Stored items
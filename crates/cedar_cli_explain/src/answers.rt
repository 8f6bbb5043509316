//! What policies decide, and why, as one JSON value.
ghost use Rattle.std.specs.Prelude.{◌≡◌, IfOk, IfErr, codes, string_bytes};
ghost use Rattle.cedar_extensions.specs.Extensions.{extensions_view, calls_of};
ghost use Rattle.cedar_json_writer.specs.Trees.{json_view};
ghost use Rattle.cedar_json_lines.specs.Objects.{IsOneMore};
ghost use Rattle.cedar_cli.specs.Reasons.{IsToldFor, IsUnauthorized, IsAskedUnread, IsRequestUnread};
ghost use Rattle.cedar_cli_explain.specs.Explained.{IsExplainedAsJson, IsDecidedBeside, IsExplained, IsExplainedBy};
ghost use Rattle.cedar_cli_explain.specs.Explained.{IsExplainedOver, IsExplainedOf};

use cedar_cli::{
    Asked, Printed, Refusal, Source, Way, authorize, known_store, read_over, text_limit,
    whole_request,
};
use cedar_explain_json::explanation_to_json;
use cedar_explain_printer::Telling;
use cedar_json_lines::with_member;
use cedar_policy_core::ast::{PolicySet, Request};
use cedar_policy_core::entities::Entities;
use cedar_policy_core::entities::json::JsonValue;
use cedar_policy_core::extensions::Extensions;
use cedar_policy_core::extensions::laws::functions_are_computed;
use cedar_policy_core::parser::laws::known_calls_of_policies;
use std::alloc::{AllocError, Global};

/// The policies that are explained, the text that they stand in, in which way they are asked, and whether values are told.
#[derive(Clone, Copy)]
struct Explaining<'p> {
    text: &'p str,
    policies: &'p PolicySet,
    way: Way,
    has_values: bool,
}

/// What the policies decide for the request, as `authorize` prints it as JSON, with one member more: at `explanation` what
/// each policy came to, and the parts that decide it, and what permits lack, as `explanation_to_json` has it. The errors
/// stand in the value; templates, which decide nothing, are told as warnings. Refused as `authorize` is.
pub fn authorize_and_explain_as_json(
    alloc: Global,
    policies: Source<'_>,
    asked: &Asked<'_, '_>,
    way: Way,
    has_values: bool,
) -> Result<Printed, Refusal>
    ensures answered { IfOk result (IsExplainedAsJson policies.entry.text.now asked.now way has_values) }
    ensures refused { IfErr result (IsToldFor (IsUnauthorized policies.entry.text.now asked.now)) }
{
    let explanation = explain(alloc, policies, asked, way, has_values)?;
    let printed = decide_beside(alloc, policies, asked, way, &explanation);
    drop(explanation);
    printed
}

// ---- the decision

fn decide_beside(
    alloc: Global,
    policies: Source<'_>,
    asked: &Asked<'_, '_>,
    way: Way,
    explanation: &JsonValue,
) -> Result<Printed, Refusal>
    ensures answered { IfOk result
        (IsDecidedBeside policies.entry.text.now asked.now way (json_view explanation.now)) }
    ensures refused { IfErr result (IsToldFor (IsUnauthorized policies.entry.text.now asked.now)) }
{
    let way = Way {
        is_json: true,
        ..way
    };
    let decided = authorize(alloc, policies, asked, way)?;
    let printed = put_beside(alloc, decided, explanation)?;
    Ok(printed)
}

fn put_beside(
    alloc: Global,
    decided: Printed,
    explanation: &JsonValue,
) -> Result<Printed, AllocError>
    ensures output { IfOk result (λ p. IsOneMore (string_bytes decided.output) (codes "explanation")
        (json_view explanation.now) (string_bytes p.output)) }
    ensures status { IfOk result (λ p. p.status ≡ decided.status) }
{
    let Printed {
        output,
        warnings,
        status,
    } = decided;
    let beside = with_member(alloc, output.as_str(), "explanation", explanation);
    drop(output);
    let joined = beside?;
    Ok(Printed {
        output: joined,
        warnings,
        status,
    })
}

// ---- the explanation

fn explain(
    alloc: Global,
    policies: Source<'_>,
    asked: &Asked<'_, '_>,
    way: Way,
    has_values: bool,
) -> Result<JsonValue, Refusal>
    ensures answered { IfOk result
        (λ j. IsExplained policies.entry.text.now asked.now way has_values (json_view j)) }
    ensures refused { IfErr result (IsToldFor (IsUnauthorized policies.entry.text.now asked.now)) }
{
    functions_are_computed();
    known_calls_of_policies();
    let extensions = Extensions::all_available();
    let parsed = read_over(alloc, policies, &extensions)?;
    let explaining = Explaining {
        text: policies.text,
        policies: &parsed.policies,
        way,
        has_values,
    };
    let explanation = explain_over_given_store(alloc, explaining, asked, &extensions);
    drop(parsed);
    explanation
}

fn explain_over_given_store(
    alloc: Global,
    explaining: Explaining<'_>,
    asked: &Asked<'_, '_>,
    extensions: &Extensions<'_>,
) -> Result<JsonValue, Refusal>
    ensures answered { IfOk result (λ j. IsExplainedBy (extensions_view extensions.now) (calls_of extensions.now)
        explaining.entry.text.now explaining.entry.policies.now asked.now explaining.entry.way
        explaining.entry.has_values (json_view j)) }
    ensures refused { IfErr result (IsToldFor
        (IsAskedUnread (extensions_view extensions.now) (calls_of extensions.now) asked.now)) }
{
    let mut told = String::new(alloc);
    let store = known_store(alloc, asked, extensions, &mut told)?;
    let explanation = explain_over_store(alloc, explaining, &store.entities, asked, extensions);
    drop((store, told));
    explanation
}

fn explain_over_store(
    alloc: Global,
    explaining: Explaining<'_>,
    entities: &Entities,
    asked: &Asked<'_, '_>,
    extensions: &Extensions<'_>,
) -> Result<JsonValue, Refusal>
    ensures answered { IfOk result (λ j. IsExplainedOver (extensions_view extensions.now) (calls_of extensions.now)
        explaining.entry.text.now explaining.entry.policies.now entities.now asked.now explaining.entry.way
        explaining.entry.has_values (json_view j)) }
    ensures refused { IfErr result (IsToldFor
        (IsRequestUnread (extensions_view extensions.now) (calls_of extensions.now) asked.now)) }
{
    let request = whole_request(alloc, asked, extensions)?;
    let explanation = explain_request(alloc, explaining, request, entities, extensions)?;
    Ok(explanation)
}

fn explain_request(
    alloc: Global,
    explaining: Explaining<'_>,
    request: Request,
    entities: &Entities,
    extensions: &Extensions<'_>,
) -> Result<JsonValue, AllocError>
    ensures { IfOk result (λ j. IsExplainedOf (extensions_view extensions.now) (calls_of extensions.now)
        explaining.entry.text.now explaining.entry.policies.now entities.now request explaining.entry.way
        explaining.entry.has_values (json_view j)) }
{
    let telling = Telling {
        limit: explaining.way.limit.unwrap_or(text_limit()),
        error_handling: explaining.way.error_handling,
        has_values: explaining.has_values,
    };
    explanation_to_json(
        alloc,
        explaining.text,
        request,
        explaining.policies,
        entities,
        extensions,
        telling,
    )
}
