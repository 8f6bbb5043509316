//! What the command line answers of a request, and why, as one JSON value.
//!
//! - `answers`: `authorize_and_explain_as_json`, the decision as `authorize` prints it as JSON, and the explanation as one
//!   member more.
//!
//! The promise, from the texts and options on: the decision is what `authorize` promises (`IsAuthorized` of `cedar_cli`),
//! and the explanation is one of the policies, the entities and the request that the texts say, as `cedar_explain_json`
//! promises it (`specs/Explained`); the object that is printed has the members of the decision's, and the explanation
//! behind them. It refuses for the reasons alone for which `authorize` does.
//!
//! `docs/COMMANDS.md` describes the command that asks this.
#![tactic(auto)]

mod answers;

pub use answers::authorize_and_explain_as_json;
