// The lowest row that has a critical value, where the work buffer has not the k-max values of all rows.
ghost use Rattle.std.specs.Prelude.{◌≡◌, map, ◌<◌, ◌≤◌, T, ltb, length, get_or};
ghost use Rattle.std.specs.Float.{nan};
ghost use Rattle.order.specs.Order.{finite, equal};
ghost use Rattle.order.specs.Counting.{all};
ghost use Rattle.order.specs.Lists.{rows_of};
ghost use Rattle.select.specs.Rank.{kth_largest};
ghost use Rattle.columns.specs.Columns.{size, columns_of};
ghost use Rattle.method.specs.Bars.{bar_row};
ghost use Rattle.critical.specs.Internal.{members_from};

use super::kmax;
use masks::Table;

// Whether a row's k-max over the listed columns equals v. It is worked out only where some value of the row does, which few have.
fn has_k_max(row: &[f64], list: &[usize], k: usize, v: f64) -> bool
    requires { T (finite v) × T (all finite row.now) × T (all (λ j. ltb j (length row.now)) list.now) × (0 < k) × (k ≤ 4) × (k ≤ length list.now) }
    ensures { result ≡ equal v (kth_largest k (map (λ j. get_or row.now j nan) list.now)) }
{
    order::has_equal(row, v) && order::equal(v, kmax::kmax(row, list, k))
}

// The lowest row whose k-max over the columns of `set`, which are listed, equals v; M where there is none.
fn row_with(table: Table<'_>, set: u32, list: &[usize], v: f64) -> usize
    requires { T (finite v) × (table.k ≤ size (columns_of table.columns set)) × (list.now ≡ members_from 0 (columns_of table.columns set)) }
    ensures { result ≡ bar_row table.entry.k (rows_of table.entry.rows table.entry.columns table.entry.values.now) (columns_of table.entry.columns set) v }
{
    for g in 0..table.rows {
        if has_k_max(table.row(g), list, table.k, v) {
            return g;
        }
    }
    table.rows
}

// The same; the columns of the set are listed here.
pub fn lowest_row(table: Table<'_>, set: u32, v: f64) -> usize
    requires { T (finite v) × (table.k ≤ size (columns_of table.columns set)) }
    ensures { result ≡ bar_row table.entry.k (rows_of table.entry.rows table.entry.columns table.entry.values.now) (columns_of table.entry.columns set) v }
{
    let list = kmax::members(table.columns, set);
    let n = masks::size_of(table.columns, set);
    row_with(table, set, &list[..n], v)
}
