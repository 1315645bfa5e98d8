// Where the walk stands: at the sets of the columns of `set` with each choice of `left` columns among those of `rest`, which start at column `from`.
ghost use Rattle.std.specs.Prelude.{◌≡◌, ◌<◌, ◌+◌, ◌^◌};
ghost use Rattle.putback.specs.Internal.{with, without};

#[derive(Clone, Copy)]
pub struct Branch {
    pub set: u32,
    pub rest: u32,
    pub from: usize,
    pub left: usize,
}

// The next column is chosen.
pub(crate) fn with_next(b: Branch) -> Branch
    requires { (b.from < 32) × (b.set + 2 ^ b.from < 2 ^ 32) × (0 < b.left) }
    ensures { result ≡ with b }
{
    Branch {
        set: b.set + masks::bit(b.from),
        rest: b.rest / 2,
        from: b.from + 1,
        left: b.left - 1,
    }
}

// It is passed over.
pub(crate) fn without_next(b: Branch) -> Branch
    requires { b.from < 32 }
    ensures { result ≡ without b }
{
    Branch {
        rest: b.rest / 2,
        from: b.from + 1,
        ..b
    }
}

## Your goal
Start at the line containing "pub(crate) fn without_next(b: Branch)" and transcribe through the end of the entries. Please keep both ends and add nothing.

## Result
pub(crate) fn without_next(b: Branch) -> Branch
    requires { b.from < 32 }
    ensures { result ≡ without b }
{
    Branch {
        rest: b.rest / 2,
        from: b.from + 1,
        ..b
    }
}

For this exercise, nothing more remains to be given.